Stored data:
····················
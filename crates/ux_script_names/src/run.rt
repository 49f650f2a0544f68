//! Makes the calls of a script with names once, so that each name gets what the call before it gave, and writes the script
//! without names that it stands for.

ghost use Rattle.std.specs.Prelude.{◌≡◌, []};
ghost use Rattle.ux_model.specs.Boot.{IsBootState};

use crate::fault::NameFault;
use crate::line::{
    Asking, header_line, is_of_process, name_process, parts_of_line, process_of, with_numbers,
    with_processes,
};
use crate::names::Names;
use std::alloc::Global;
use std::marker::Brand;
use ux_book::{BookName, Serial, Trail};
use ux_kernel::Kernel;
use ux_object::FileObject;
use ux_script::make_call;
use ux_session::leads;
use ux_state::State;
use ux_syntax::{Act, LineReader, Script, expected_in, plain_line, split_lines};
use ux_types::{Pid, Reply};

/// A script with names, of which the header was read.
#[derive(Drop)]
pub struct NamedScript<'a> {
    lines: Vec<&'a [u8]>,
    /// How many of the lines were read.
    place: usize,
    names: Names,
    reader: LineReader,
    /// The lines that were read, without names.
    text: Vec<u8>,
    /// Whose call the last line asked for.
    asked: Option<Pid>,
}

impl<'a> NamedScript<'a> {
    /// Reads the header of a script: its lines up to the first of a process.
    ///
    /// # Errors
    ///
    /// The first fault of a process's name, and `NoMemory`.
    pub fn read(alloc: Global, text: &'a [u8]) -> Result<NamedScript<'a>, NameFault> {
        let mut script = NamedScript {
            lines: split_lines(alloc, text)?,
            place: 0,
            names: Names::new(alloc),
            reader: LineReader::new(alloc),
            text: Vec::new(alloc),
            asked: None,
        };
        for place in 0..script.lines.len() {
            if is_of_process(script.line(place)) {
                return Ok(script);
            }
            script.read_header_line(alloc, place)?;
        }
        Ok(script)
    }

    fn read_header_line(&mut self, alloc: Global, place: usize) -> Result<(), NameFault> {
        let count = u32::try_from(self.reader.process_count()).unwrap_or(u32::MAX);
        let next = Pid(count.saturating_add(1));
        let text = self.line(place);
        let plain = header_line(alloc, &mut self.names, next, line_at(place), text)?;
        self.add(place, &plain)?;
        let _read = self.reader.read_line(alloc, line_at(place), &plain);
        Ok(())
    }

    /// The line at this place, or an empty one behind the last.
    fn line(&self, place: usize) -> &'a [u8] {
        self.lines.get(place).copied().unwrap_or(&[])
    }

    /// What its header says.
    pub fn script(&self) -> &Script {
        self.reader.script()
    }

    /// Adds a line that was read.
    fn add(&mut self, place: usize, line: &[u8]) -> Result<(), NameFault> {
        if place > 0 {
            self.text.extend_from_slice(b"\n")?;
        }
        self.text.extend_from_slice(line)?;
        self.place = line_at(place);
        Ok(())
    }

    /// Adds the lines that are left, as they are.
    fn add_rest(&mut self) -> Result<(), NameFault> {
        for place in self.place..self.lines.len() {
            let line = self.line(place);
            self.add(place, line)?;
        }
        Ok(())
    }

    /// Reads a line that is no process's: a comment says what the last call is expected to reply. Gives whether it isn't at
    /// fault.
    fn read_other<O: FileObject>(
        &mut self,
        alloc: Global,
        state: &State<O>,
        place: usize,
    ) -> Result<bool, NameFault> {
        let text = self.line(place);
        let plain = match (self.asked, expected_in(alloc, text)?) {
            (Some(pid), Some(reply)) if reply.as_slice().contains(&b'$') => {
                let scope = self.names.scope(alloc, state, pid)?;
                let reply = reply.as_slice();
                let numbers = with_numbers(alloc, &self.names, &scope, pid, line_at(place), reply)?;
                let mut plain = Vec::from_slice(alloc, b"#= ")?;
                plain.extend_from_slice(&numbers)?;
                plain
            }
            _ => Vec::from_slice(alloc, text)?,
        };
        self.add(place, &plain)?;
        Ok(self.reader.read_line(alloc, line_at(place), &plain).is_ok())
    }

    /// The line of a process without names, and the names of what its call gives.
    fn resolve<O: FileObject>(
        &self,
        alloc: Global,
        state: &State<O>,
        line: usize,
        asking: &Asking<'_>,
    ) -> Result<Option<Resolved>, NameFault> {
        let called = with_processes(alloc, &self.names, asking.call)?;
        let Some(pid) = process_of(&called) else {
            return Ok(None);
        };
        let scope = self.names.scope(alloc, state, pid)?;
        let plain = with_numbers(alloc, &self.names, &scope, pid, line, &called)?;
        Ok(Some(Resolved { plain, pid }))
    }

    /// Reads the line at this place, and makes its call. Gives whether the script goes on: it ends with a line at fault, and
    /// with a call that isn't made.
    fn run_line<W: BookName, O: FileObject>(
        &mut self,
        alloc: Global,
        serial: &mut Serial<W, O>,
        place: usize,
    ) -> Result<bool, NameFault> {
        let text = self.line(place);
        if !is_of_process(text) {
            return self.read_other(alloc, serial.state(), place);
        }
        let plain = text_of(alloc, text)?;
        let asking = parts_of_line(alloc, line_at(place), &plain)?;
        let Some(resolved) = self.resolve(alloc, serial.state(), line_at(place), &asking)? else {
            return Ok(false);
        };
        self.add(place, &resolved.plain)?;
        self.asked = Some(resolved.pid);
        let count = self.reader.script().lines.len();
        if self
            .reader
            .read_line(alloc, line_at(place), &resolved.plain)
            .is_err()
        {
            return Ok(false);
        }
        match self.make(serial, count) {
            Some(true) => {
                self.name_given(alloc, serial, line_at(place), &asking.names)?;
                Ok(true)
            }
            made => Ok(made.is_some()),
        }
    }

    /// Makes the call of the script's line of this number. Gives whether the line asks for one; none where it isn't made.
    fn make<W: BookName, O: FileObject>(
        &self,
        serial: &mut Serial<W, O>,
        number: usize,
    ) -> Option<bool> {
        let Some(line) = self.reader.script().lines.get(number) else {
            return Some(false);
        };
        match &line.act {
            Act::Call(request) => make_call(serial, line.pid, request).ok().map(|_| true),
            Act::Wait(..) => Some(false),
        }
    }

    /// Names what the last call gave.
    fn name_given<W: BookName, O: FileObject>(
        &mut self,
        alloc: Global,
        serial: &Serial<W, O>,
        line: usize,
        names: &[&[u8]],
    ) -> Result<(), NameFault> {
        let Some(entry) = serial.entries().last() else {
            return Ok(());
        };
        if let Reply::Child(child) = entry.reply {
            return self.name_child(alloc, entry.pid, child, line, names);
        }
        let leads = leads(alloc, serial.state(), entry)?;
        for (place, name) in names.iter().enumerate() {
            let lead = leads.get(place).copied();
            self.names.give(alloc, entry.pid, name, lead, line)?;
        }
        Ok(())
    }

    /// Names a child, which has its parent's names.
    fn name_child(
        &mut self,
        alloc: Global,
        parent: Pid,
        child: Pid,
        line: usize,
        names: &[&[u8]],
    ) -> Result<(), NameFault> {
        self.names.inherit(alloc, parent, child)?;
        match names.first() {
            Some(name) => name_process(alloc, &mut self.names, child, line, name),
            None => Ok(()),
        }
    }

    /// The script without names that it stands for, line for line: its calls are made once, on a kernel that has just started
    /// with the processes of its header, so that each name gets what its call gave. The lines behind one at fault stay as they
    /// are.
    ///
    /// # Errors
    ///
    /// The first fault of a name, and `NoMemory`.
    pub fn plain_text<O: FileObject>(
        self,
        alloc: Global,
        kernel: Kernel<O>,
    ) -> Result<Vec<u8>, NameFault>
        requires boots { IsBootState kernel }
    {
        let mut script = self;
        let trail = Trail::new(alloc).map_err(|_| NameFault::NoMemory)?;
        run_lines::<Brand, O>(alloc, trail, &mut script, kernel)?;
        script.add_rest()?;
        Ok(script.text)
    }
}

/// The number of the line at this place, counted from 1.
fn line_at(place: usize) -> usize {
    place.saturating_add(1)
}

/// A process's line without names.
#[derive(Drop)]
struct Resolved {
    plain: Vec<u8>,
    pid: Pid,
}

/// A line with its text in digits where it may have names, and as it is written else.
fn text_of(alloc: Global, text: &[u8]) -> Result<Vec<u8>, NameFault> {
    let named = text.contains(&b'$') || text.contains(&b'>');
    let plain = if named {
        plain_line(alloc, text)?
    } else {
        None
    };
    match plain {
        Some(plain) => Ok(plain),
        None => Ok(Vec::from_slice(alloc, text)?),
    }
}

/// Makes the calls of the lines behind the header, up to one at fault.
fn run_lines<W: BookName, O: FileObject>(
    alloc: Global,
    trail: Trail,
    script: &mut NamedScript<'_>,
    kernel: Kernel<O>,
) -> Result<(), NameFault>
    requires trail { trail ≡ record { id = W.trail; entries = []; given = 0 } }
    requires boots { IsBootState kernel }
    requires named { kernel ≡ W.boot }
{
    let Ok(mut serial) = Serial::<W, O>::new(alloc, trail, kernel) else {
        return Err(NameFault::NoMemory);
    };
    for place in script.place..script.lines.len() {
        if !script.run_line(alloc, &mut serial, place)? {
            return Ok(());
        }
    }
    Ok(())
}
····················
● What is needed
Working from the records above, write out verbatim only the lines from the line containing "line asked for." through the line containing "of a process's".

● Solution
    /// Whose call the last line asked for.
    asked: Option<Pid>,
}

impl<'a> NamedScript<'a> {
    /// Reads the header of a script: its lines up to the first of a process.
    ///
    /// # Errors
    ///
    /// The first fault of a process's name, and `NoMemory`.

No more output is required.